Le Nouveau Courrier bientôt suspendu dans sa version papier en Côte d'Ivoire ? Peut-être. Le Conseil national de la presse, organe de répression du régime Ouattara, vient de nous coller un blâme. Et il l'explique dans un courrier.

"Vous publiez à la page 02 de votre parution numéro 502 du jeudi 26 avril 2012, une contribution de Monsieur Roger Gballou, intitulée : «FPI : La convention de toutes les espérances». A la lecture, le Conseil National de la Presse (CNP) relève ceci : «Le 29 avril 2012, le parti politique de Laurent Gbagbo tient une convention, un an après le coup d’Etat qui emporta son régime».
Le CNP condamne ces écrits qui violent son communiqué n°014/CNP/DP/SG en date du 21 septembre 2011, dans lequel il vous est interdit de publier des écrits relevant de la manipulation des faits et de la réalité. Le CNP vous rappelle que Monsieur Alassane Dramane Ouattara, Président de la République de Côte d’Ivoire, exerce son mandat actuel des suites d’élections démocratiques reconnues par la communauté nationale et internationale et, pour lequel, il a été officiellement investi. Vous écopez ainsi d’un blâme pour le manquement susmentionné."

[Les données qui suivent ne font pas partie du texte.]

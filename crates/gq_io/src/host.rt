// The devices of the host, the trusted boundary. They count failures, and report no contents.
ghost use Rattle.std.specs.Prelude.{◌≡◌, ◌<◌, ◌≤◌, None, length, IfOk, IfSome, IsErrOf};
ghost use Rattle.gq_io.specs.Files.{most_bytes};

use crate::files::{FileFault, Files, MOST_BYTES};
use crate::sink::{Sink, SinkFault};
use std::alloc::Global;
use std::fs;
use std::io::{ErrorKind, Read};
use std::marker::Model;

/// The number of bytes that one read of the host asks for.
const PIECE: usize = 65_536;

/// The files of the host, by their paths. Contracts see what was counted.
#[derive(Drop)]
pub struct HostFiles<'a, R: std::rt::Files> {
    rt: &'a R,
    faults: u64,
    absences: u64,
    length_met: usize,
}

impl<'a, R: std::rt::Files> Model for HostFiles<'a, R> {
    ghost use Rattle.gq_io.specs.Devices.{HostCounts};

    ghost Value = { HostCounts };

    ghost view = { λ f. record { faults = f.faults; absences = f.absences; length_met = f.length_met } };
}

impl<'a, R: std::rt::Files> HostFiles<'a, R> {
    /// Returns files for which nothing was counted so far.
    pub fn new(rt: &'a R) -> Self
        ensures { result ≡ record { faults = 0; absences = 0; length_met = 0 } }
    {
        HostFiles {
            rt,
            faults: 0,
            absences: 0,
            length_met: 0,
        }
    }
}

impl<R: std::rt::Files> Files for HostFiles<'_, R> {
    ghost held = { λ _. None };

    ghost faults = { λ f. f.faults };

    ghost absences = { λ f. f.absences };

    ghost length_met = { λ f. f.length_met };

    fn read(&mut self, alloc: Global, name: &str) -> Result<Vec<u8>, FileFault> {
        let mut file = match fs::open(self.rt, name) {
            Ok(file) => file,
            Err(error) => match error.kind() {
                ErrorKind::NotFound => {
                    self.absences = self.absences.saturating_add(1);
                    return Err(FileFault::Missing);
                }
                ErrorKind::OutOfMemory => return Err(FileFault::OutOfMemory),
                _ => {
                    self.faults = self.faults.saturating_add(1);
                    return Err(FileFault::Failed);
                }
            },
        };
        let read = read_whole(alloc, &mut file, &mut self.length_met);
        if let Err(FileFault::Failed) = read {
            self.faults = self.faults.saturating_add(1);
        }
        read
    }
}

/// The standard output of the host. Contracts see how often a write failed.
#[derive(Drop)]
pub struct HostSink<'a, R: Print> {
    rt: &'a R,
    faults: u64,
}

impl<'a, R: Print> Model for HostSink<'a, R> {
    ghost use Rattle.std.specs.Prelude.{ℕ};

    ghost Value = { ℕ };

    ghost view = { λ s. s.faults };
}

impl<'a, R: Print> HostSink<'a, R> {
    /// Returns a sink of which no write has failed so far.
    pub fn new(rt: &'a R) -> Self
        ensures { result ≡ 0 }
    {
        HostSink { rt, faults: 0 }
    }
}

impl<R: Print> Sink for HostSink<'_, R> {
    ghost written = { λ _. None };

    ghost faults = { λ s. s };

    /// Counts a write as failed if it takes no byte of a nonempty piece.
    fn write(&mut self, piece: &[u8]) -> Result<usize, SinkFault> {
        match self.rt.write_some(piece) {
            Ok(count) if count > 0 || piece.is_empty() => Ok(count),
            _ => {
                self.faults = self.faults.saturating_add(1);
                Err(SinkFault::Failed)
            }
        }
    }
}

// Reads all remaining bytes of a reader, and sets `met` to their number. A failed read isn't counted here.
fn read_whole<R: Read>(alloc: Global, reader: &mut R, met: &mut usize) -> Result<Vec<u8>, FileFault>
    // For a reader that reports its bytes.
    ensures all { IfOk result (λ bytes. IfSome (R.remaining reader.old) (λ told. bytes.items ≡ told)) }
    ensures larger { IsErrOf result FileFault.TooLarge → IfSome (R.remaining reader.old) (λ told. most_bytes < length told) }

    // For every reader.
    ensures most { IfOk result (λ bytes. length bytes.items ≤ most_bytes) }
    ensures met { IfOk result (λ bytes. met.new ≡ length bytes.items) }
    ensures too_large { IsErrOf result FileFault.TooLarge → most_bytes < met.new }
    ensures there { IsErrOf result FileFault.Missing → ⊥ }
{
    *met = 0;
    let mut bytes = Vec::new(alloc);
    let mut piece = [0u8; PIECE];
    for _ in 0..u64::MAX {
        let Ok(count) = reader.read(&mut piece) else {
            return Err(FileFault::Failed);
        };
        *met = bytes.len() + count;
        if count == 0 {
            return Ok(bytes);
        }
        if count > MOST_BYTES - bytes.len() {
            return Err(FileFault::TooLarge);
        }
        bytes.extend_from_slice(&piece[..count])?;
    }
    Err(FileFault::Failed)
}
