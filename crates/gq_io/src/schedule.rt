// Which calls of a device in memory fail.
ghost use Rattle.std.specs.Prelude.{◌≡◌, ◌≤◌, ◌==◌, OnOk, OnErr};
ghost use Rattle.std.specs.List.{list_any};
ghost use Rattle.gq_io.specs.Schedule.{is_due, called};
ghost use Rattle.gq_io.specs.Devices.{planned, unplanned};

use gq_base::OutOfMemory;
use std::alloc::Global;
use std::marker::Model;

/// The calls of a device, of which the named ones fail.
#[derive(Drop)]
pub struct Calls {
    made: u64,
    failing: Vec<u64>,
    failed: u64,
}

impl Model for Calls {
    ghost use Rattle.gq_io.specs.Schedule.{Schedule};

    ghost Value = { Schedule };

    ghost view = { λ c. record { calls = c.made; failing = c.failing.items; faults = c.failed } };
}

impl Calls {
    pub fn new(alloc: Global) -> Self
        ensures { result ≡ unplanned }
    {
        let failing = Vec::new(alloc);
        Calls {
            made: 0,
            failing,
            failed: 0,
        }
    }

    /// Makes the call with this number, counted from 1, fail.
    pub fn fail_at(&mut self, call: u64) -> Result<(), OutOfMemory>
        ensures ok { OnOk result (self.new ≡ planned self.old call) }
        ensures err { OnErr result (self.new ≡ self.old) }
    {
        self.failing.push(call)?;
        Ok(())
    }

    /// Counts one more call, and returns whether it fails.
    pub fn count(&mut self) -> bool
        ensures due { result ≡ is_due self.old }
        ensures called { self.new ≡ called self.old }
        ensures faults_stay { self.old.faults ≤ self.new.faults }
    {
        self.made = self.made.saturating_add(1);
        let due = is_among(self.made, &self.failing);
        if due {
            self.failed = self.failed.saturating_add(1);
        }
        due
    }
}

fn is_among(call: u64, failing: &[u64]) -> bool
    ensures { result ≡ list_any (λ other. other == call) failing.now }
{
    failing.iter().any(|other| *other == call)
}
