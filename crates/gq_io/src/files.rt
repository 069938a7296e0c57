// Files as a run sees them.
ghost use Rattle.std.specs.Prelude.{◌≡◌, ◌<◌, ◌≤◌, ℕ, Option, Some, None, length, IfOk, IsErrOf};
ghost use Rattle.gq_io.specs.declared.files.FileFault.TheVariants.{OutOfMemory};
ghost use Rattle.gq_io.specs.Counts.{Rose};
ghost use Rattle.gq_io.specs.Listing.{Listing};
ghost use Rattle.gq_io.specs.Files.{AnswersFrom, most_bytes};

use std::alloc::{AllocError, AllocFailed, Global};
use thiserror::Error;

/// The maximum size of a file in bytes.
pub const MOST_BYTES: usize = 1_073_741_824;

/// Why a file wasn't read.
#[derive(Clone, Copy, Debug, PartialEq, Eq, Error)]
pub enum FileFault {
    /// There is no file of that name.
    #[error("missing file")]
    Missing,

    /// The device failed, and counted it.
    #[error("file could not be read")]
    Failed,

    /// The file has more than `MOST_BYTES` bytes.
    #[error("file too large")]
    TooLarge,

    #[error("out of memory")]
    OutOfMemory,
}

impl From<AllocError> for FileFault {
    ghost from_gives = { λ _ e. e ≡ OutOfMemory };

    fn from(_: AllocError) -> Self {
        FileFault::OutOfMemory
    }
}

impl<T: Drop> From<AllocFailed<T>> for FileFault {
    ghost from_gives = { λ _ e. e ≡ OutOfMemory };

    fn from(_: AllocFailed<T>) -> Self {
        FileFault::OutOfMemory
    }
}

/// Files that are read whole, by name.
pub trait Files {
    /// The files, by name, if the device reports them.
    ghost held: { Self → Option Listing };

    /// How often a read has failed.
    ghost faults: { Self → ℕ };

    /// How often a file didn't exist, if the device doesn't report its files.
    ghost absences: { Self → ℕ };

    /// The number of bytes of the last read, if the device doesn't report its files.
    ghost length_met: { Self → ℕ };

    /// Reads all bytes of the first file of that name.
    ///
    /// If the device reports its files and `faults` didn't increase, Missing and TooLarge are returned exactly if the
    /// file doesn't exist or has more than `MOST_BYTES` bytes; then OutOfMemory is the only other possible error.
    fn read(&mut self, alloc: Global, name: &str) -> Result<Vec<u8>, FileFault>
        ensures held { held self.new ≡ held self.old }
        ensures told { (pairs : Listing) → held self.old ≡ Some pairs → AnswersFrom pairs name.now result }
        ensures most { IfOk result (λ bytes. length bytes.items ≤ most_bytes) }

        ensures failed { IsErrOf result FileFault.Failed → Rose (faults self.old) (faults self.new) }

        // The causes of the other refusals, if the files aren't reported.
        ensures missing { held self.old ≡ None → IsErrOf result FileFault.Missing → Rose (absences self.old) (absences self.new) }
        ensures too_large { held self.old ≡ None → IsErrOf result FileFault.TooLarge → most_bytes < length_met self.new }

        // The length of what was read, if the files aren't reported.
        ensures met { held self.old ≡ None → IfOk result (λ bytes. length_met self.new ≡ length bytes.items) }

        ensures faults_stay { faults self.old ≤ faults self.new }
        ensures absences_stay { absences self.old ≤ absences self.new };
}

Dont acte. Il est toutefois loisible de constater que le CNP s'empêtre dans ses théories. Ouattara n'a pas fait de coup d'Etat puisqu'il a été "officiellement investi". Le souci avec ce pan de l'histoire officielle est qu'il a pris le pouvoir par les armes le 11 avril 2011, et a été investi le 21 mai 2011. Il a pris le pouvoir sans être reconnu par "la communauté nationale", incarnée par le Conseil constitutionnel. Qui l'a par la suite investi en endossant les résolutions de l'Union africaine, sans revenir sur sa décision donnant Laurent Gbagbo vainqueur des élections.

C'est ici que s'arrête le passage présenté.